+++ Information provided

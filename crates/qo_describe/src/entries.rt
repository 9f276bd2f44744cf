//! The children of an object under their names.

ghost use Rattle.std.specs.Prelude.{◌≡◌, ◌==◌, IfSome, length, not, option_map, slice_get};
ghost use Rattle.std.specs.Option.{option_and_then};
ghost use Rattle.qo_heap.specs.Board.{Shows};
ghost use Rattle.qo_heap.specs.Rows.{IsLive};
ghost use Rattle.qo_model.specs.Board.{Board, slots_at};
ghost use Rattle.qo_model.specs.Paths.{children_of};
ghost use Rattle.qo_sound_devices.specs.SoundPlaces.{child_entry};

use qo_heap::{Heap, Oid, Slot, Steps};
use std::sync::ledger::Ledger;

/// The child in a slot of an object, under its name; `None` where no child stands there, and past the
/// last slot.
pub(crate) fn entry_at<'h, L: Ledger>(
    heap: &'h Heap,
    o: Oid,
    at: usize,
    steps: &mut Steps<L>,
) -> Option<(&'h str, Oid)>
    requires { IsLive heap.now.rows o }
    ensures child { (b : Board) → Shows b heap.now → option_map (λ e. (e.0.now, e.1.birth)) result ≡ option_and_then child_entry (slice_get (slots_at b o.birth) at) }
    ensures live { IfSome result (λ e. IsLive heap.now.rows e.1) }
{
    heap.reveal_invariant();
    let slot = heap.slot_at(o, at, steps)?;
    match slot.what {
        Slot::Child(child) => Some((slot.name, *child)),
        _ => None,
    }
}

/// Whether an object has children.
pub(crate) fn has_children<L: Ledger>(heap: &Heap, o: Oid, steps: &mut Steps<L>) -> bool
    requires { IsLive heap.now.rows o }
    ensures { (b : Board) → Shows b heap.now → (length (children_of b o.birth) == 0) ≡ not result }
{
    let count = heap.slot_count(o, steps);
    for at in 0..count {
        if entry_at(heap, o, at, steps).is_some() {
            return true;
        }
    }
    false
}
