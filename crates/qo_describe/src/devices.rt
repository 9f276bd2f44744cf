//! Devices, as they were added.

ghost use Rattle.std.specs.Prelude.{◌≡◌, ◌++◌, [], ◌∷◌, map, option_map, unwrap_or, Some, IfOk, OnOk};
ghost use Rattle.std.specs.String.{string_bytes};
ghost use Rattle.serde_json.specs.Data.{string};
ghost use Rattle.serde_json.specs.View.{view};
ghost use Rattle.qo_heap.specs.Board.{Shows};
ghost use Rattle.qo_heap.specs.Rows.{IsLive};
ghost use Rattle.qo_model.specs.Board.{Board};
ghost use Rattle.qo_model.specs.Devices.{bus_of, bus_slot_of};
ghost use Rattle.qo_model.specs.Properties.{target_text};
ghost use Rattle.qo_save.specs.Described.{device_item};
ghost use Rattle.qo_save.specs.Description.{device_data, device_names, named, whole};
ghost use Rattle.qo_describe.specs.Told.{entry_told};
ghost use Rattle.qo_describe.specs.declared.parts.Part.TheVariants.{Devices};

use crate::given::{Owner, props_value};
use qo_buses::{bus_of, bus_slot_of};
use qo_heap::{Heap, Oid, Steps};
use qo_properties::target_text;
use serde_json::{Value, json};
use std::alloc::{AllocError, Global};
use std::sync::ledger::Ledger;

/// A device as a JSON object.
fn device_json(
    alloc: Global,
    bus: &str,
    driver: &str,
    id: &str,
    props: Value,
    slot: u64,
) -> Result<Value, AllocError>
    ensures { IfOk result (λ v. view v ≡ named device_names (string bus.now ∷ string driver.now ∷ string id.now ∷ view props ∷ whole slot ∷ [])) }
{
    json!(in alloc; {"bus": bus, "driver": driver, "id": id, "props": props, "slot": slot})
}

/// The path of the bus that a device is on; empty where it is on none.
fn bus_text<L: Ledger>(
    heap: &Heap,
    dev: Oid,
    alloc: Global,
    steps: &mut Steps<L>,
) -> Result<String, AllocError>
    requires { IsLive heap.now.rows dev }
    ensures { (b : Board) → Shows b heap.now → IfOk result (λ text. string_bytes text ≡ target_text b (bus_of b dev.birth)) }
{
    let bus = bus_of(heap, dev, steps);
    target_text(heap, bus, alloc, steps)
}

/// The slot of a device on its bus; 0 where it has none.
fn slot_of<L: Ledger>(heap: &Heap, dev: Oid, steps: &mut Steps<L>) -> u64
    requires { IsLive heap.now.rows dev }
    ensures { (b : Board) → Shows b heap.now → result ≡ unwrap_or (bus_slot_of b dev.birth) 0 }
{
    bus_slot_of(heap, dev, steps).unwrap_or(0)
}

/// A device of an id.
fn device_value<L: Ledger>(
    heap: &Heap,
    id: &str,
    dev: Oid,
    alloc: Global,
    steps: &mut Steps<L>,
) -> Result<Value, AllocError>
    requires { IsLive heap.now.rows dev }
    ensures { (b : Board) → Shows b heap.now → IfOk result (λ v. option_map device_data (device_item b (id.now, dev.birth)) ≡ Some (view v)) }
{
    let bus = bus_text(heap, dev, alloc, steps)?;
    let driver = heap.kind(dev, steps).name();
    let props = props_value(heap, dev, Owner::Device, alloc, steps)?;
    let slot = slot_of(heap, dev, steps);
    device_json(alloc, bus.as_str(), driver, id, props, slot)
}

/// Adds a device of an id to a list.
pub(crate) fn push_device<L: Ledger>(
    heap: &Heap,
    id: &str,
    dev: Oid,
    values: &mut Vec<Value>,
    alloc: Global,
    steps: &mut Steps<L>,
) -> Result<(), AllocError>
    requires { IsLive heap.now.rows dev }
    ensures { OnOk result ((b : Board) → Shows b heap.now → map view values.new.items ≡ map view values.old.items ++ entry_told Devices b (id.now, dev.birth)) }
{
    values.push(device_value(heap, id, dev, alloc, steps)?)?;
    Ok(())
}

++++++

What is needed —
Nothing in the data may be left out; copy every line exactly.

Exercise response —
filename crates/qo_describe/src/entries.rt
repository 9f276bd2f44744cf
//! The children of an object under their names.

ghost use Rattle.std.specs.Prelude.{◌≡◌, ◌==◌, IfSome, length, not, option_map, slice_get};
ghost use Rattle.std.specs.Option.{option_and_then};
ghost use Rattle.qo_heap.specs.Board.{Shows};
ghost use Rattle.qo_heap.specs.Rows.{IsLive};
ghost use Rattle.qo_model.specs.Board.{Board, slots_at};
ghost use Rattle.qo_model.specs.Paths.{children_of};
ghost use Rattle.qo_sound_devices.specs.SoundPlaces.{child_entry};

use qo_heap::{Heap, Oid, Slot, Steps};
use std::sync::ledger::Ledger;

/// The child in a slot of an object, under its name; `None` where no child stands there, and past the
/// last slot.
pub(crate) fn entry_at<'h, L: Ledger>(
    heap: &'h Heap,
    o: Oid,
    at: usize,
    steps: &mut Steps<L>,
) -> Option<(&'h str, Oid)>
    requires { IsLive heap.now.rows o }
    ensures child { (b : Board) → Shows b heap.now → option_map (λ e. (e.0.now, e.1.birth)) result ≡ option_and_then child_entry (slice_get (slots_at b o.birth) at) }
    ensures live { IfSome result (λ e. IsLive heap.now.rows e.1) }
{
    heap.reveal_invariant();
    let slot = heap.slot_at(o, at, steps)?;
    match slot.what {
        Slot::Child(child) => Some((slot.name, *child)),
        _ => None,
    }
}

/// Whether an object has children.
pub(crate) fn has_children<L: Ledger>(heap: &Heap, o: Oid, steps: &mut Steps<L>) -> bool
    requires { IsLive heap.now.rows o }
    ensures { (b : Board) → Shows b heap.now → (length (children_of b o.birth) == 0) ≡ not result }
{
    let count = heap.slot_count(o, steps);
    for at in 0..count {
        if entry_at(heap, o, at, steps).is_some() {
            return true;
        }
    }
    false
}
filename crates/qo_describe/src/devices.rt
repository 9f276bd2f44744cf
//! Devices, as they were added.

ghost use Rattle.std.specs.Prelude.{◌≡◌, ◌++◌, [], ◌∷◌, map, option_map, unwrap_or, Some, IfOk, OnOk};
ghost use Rattle.std.specs.String.{string_bytes};
ghost use Rattle.serde_json.specs.Data.{string};
ghost use Rattle.serde_json.specs.View.{view};
ghost use Rattle.qo_heap.specs.Board.{Shows};
ghost use Rattle.qo_heap.specs.Rows.{IsLive};
ghost use Rattle.qo_model.specs.Board.{Board};
ghost use Rattle.qo_model.specs.Devices.{bus_of, bus_slot_of};
ghost use Rattle.qo_model.specs.Properties.{target_text};
ghost use Rattle.qo_save.specs.Described.{device_item};
ghost use Rattle.qo_save.specs.Description.{device_data, device_names, named, whole};
ghost use Rattle.qo_describe.specs.Told.{entry_told};
ghost use Rattle.qo_describe.specs.declared.parts.Part.TheVariants.{Devices};

use crate::given::{Owner, props_value};
use qo_buses::{bus_of, bus_slot_of};
use qo_heap::{Heap, Oid, Steps};
use qo_properties::target_text;
use serde_json::{Value, json};
use std::alloc::{AllocError, Global};
use std::sync::ledger::Ledger;

/// A device as a JSON object.
fn device_json(
    alloc: Global,
    bus: &str,
    driver: &str,
    id: &str,
    props: Value,
    slot: u64,
) -> Result<Value, AllocError>
    ensures { IfOk result (λ v. view v ≡ named device_names (string bus.now ∷ string driver.now ∷ string id.now ∷ view props ∷ whole slot ∷ [])) }
{
    json!(in alloc; {"bus": bus, "driver": driver, "id": id, "props": props, "slot": slot})
}

/// The path of the bus that a device is on; empty where it is on none.
fn bus_text<L: Ledger>(
    heap: &Heap,
    dev: Oid,
    alloc: Global,
    steps: &mut Steps<L>,
) -> Result<String, AllocError>
    requires { IsLive heap.now.rows dev }
    ensures { (b : Board) → Shows b heap.now → IfOk result (λ text. string_bytes text ≡ target_text b (bus_of b dev.birth)) }
{
    let bus = bus_of(heap, dev, steps);
    target_text(heap, bus, alloc, steps)
}

/// The slot of a device on its bus; 0 where it has none.
fn slot_of<L: Ledger>(heap: &Heap, dev: Oid, steps: &mut Steps<L>) -> u64
    requires { IsLive heap.now.rows dev }
    ensures { (b : Board) → Shows b heap.now → result ≡ unwrap_or (bus_slot_of b dev.birth) 0 }
{
    bus_slot_of(heap, dev, steps).unwrap_or(0)
}

/// A device of an id.
fn device_value<L: Ledger>(
    heap: &Heap,
    id: &str,
    dev: Oid,
    alloc: Global,
    steps: &mut Steps<L>,
) -> Result<Value, AllocError>
    requires { IsLive heap.now.rows dev }
    ensures { (b : Board) → Shows b heap.now → IfOk result (λ v. option_map device_data (device_item b (id.now, dev.birth)) ≡ Some (view v)) }
{
    let bus = bus_text(heap, dev, alloc, steps)?;
    let driver = heap.kind(dev, steps).name();
    let props = props_value(heap, dev, Owner::Device, alloc, steps)?;
    let slot = slot_of(heap, dev, steps);
    device_json(alloc, bus.as_str(), driver, id, props, slot)
}

/// Adds a device of an id to a list.
pub(crate) fn push_device<L: Ledger>(
    heap: &Heap,
    id: &str,
    dev: Oid,
    values: &mut Vec<Value>,
    alloc: Global,
    steps: &mut Steps<L>,
) -> Result<(), AllocError>
    requires { IsLive heap.now.rows dev }
    ensures { OnOk result ((b : Board) → Shows b heap.now → map view values.new.items ≡ map view values.old.items ++ entry_told Devices b (id.now, dev.birth)) }
{
    values.push(device_value(heap, id, dev, alloc, steps)?)?;
    Ok(())
}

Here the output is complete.